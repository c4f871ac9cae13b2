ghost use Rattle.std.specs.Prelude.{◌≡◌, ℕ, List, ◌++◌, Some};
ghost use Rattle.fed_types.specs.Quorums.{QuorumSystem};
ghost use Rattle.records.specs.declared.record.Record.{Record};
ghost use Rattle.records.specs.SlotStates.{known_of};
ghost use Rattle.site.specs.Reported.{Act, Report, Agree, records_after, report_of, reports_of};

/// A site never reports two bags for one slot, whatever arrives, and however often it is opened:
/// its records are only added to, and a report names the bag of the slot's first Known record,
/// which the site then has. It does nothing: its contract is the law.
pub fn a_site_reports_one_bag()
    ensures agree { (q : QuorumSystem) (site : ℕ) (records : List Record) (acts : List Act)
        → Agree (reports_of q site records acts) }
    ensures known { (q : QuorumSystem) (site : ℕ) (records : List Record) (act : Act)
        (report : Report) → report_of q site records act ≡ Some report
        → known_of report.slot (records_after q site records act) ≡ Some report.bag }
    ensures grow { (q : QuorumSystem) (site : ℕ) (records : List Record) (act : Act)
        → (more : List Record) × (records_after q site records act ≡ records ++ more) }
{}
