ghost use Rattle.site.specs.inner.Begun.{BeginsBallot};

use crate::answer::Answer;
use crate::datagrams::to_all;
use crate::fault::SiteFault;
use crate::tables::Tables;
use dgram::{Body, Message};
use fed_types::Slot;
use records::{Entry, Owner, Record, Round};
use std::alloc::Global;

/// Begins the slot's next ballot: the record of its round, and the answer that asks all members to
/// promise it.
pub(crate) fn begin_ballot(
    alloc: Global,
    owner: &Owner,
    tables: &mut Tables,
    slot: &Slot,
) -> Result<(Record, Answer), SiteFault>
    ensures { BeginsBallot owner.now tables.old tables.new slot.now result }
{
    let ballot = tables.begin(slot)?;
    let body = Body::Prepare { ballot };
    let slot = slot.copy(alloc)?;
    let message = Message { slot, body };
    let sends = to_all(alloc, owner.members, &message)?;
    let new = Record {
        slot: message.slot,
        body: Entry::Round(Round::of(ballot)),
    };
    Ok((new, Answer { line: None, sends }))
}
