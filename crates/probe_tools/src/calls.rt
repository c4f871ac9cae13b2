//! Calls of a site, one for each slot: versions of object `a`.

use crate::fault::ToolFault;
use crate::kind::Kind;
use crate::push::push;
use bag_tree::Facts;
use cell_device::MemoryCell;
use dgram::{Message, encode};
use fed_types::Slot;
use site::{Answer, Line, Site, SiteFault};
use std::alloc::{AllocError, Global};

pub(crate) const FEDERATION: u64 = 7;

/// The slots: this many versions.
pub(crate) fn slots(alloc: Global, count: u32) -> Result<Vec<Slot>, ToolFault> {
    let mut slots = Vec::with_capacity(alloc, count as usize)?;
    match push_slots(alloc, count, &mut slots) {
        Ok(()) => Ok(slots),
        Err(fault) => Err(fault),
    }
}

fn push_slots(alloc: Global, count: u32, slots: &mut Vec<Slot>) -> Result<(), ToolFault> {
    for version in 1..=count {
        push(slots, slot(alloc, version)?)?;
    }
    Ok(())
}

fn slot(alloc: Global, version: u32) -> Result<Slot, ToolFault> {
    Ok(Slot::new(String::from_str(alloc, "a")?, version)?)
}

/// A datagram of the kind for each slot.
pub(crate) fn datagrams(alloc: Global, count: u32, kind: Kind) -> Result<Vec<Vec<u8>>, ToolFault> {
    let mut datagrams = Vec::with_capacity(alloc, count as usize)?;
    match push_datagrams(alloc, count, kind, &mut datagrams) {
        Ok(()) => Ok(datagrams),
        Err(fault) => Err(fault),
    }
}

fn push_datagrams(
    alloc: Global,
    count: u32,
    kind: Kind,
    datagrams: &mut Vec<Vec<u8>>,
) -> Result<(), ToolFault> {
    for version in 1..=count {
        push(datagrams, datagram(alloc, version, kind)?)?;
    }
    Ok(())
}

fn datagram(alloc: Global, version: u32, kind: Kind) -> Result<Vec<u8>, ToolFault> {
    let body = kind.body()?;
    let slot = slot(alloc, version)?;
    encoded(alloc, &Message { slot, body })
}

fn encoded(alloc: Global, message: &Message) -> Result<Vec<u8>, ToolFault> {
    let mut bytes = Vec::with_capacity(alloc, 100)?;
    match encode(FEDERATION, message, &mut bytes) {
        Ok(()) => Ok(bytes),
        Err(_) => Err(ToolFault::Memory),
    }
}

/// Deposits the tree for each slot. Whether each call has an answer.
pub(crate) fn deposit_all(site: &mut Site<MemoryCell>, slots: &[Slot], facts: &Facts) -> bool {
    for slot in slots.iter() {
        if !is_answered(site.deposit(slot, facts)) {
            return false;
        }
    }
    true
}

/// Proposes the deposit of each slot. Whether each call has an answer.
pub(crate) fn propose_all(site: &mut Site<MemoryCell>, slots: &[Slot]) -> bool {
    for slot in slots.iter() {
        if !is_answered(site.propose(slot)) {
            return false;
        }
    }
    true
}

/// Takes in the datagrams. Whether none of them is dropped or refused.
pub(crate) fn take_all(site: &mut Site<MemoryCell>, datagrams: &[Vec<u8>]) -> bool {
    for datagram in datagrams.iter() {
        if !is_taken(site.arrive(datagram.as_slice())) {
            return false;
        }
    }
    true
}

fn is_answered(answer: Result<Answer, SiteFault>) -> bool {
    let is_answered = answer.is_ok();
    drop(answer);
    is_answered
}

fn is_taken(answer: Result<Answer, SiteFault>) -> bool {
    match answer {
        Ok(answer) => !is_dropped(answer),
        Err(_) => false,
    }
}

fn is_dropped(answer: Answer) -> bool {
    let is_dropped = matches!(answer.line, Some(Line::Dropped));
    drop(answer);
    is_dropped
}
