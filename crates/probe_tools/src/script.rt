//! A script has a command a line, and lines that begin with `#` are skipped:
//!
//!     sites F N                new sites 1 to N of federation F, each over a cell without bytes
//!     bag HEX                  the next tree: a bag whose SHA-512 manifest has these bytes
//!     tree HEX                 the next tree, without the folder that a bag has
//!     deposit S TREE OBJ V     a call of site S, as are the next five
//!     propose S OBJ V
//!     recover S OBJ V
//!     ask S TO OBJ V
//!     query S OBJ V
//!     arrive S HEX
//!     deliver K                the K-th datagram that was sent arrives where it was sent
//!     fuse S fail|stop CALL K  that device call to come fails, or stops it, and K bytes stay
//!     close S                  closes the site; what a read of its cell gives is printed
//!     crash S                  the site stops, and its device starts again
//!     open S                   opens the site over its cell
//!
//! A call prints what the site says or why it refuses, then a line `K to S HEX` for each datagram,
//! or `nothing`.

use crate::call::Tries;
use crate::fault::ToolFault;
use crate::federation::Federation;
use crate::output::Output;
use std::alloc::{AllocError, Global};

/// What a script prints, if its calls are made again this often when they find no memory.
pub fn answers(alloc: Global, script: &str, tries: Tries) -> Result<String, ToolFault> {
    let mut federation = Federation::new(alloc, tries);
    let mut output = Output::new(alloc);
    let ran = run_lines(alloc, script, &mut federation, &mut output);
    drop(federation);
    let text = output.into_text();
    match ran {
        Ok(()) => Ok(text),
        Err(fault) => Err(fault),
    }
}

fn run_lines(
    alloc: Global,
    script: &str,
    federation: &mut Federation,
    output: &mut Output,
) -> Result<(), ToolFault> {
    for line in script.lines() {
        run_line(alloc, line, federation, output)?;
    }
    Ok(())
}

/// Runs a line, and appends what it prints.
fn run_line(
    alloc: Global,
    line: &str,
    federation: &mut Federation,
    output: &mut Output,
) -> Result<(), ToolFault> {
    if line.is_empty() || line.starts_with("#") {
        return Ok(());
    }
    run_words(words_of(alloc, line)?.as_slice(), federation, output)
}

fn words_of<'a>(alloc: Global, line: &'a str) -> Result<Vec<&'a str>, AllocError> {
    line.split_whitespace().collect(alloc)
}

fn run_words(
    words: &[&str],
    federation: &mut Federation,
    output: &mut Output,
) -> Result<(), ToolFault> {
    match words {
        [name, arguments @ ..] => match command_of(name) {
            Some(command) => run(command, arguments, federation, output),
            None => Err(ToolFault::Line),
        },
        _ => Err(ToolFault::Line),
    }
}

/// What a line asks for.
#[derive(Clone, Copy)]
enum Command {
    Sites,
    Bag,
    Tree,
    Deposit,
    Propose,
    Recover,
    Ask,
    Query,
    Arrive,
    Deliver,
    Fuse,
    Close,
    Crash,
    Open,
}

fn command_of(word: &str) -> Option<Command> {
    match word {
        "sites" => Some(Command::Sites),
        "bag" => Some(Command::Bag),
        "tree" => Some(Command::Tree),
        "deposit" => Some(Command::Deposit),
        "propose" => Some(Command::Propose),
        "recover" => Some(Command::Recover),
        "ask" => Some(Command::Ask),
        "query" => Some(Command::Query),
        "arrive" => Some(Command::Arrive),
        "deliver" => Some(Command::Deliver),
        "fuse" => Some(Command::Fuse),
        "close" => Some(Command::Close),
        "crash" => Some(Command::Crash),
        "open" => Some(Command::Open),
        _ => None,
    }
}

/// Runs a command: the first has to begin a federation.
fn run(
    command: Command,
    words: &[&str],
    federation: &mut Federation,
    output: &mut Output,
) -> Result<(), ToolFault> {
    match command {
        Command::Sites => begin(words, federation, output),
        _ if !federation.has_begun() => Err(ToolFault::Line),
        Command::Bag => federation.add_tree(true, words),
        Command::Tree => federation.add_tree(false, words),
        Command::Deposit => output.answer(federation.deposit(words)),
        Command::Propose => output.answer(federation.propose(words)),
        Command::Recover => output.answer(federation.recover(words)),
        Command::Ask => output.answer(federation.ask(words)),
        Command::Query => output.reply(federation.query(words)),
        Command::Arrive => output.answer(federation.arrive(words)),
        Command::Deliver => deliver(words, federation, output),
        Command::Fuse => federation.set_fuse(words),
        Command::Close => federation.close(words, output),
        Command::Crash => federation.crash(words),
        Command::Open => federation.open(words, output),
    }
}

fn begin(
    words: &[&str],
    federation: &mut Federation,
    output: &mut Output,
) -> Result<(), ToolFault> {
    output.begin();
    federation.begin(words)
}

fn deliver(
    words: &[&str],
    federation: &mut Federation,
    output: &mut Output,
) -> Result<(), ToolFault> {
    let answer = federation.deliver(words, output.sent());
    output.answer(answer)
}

****************************************

▶ Activity:
Return every line above where "QuorumSystem" appears.

▶ Response below:
ghost use Rattle.fed_types.specs.Quorums.{QuorumSystem};
    ensures agree { (q : QuorumSystem) (site : ℕ) (records : List Record) (acts : List Act)
    ensures known { (q : QuorumSystem) (site : ℕ) (records : List Record) (act : Act)
    ensures grow { (q : QuorumSystem) (site : ℕ) (records : List Record) (act : Act)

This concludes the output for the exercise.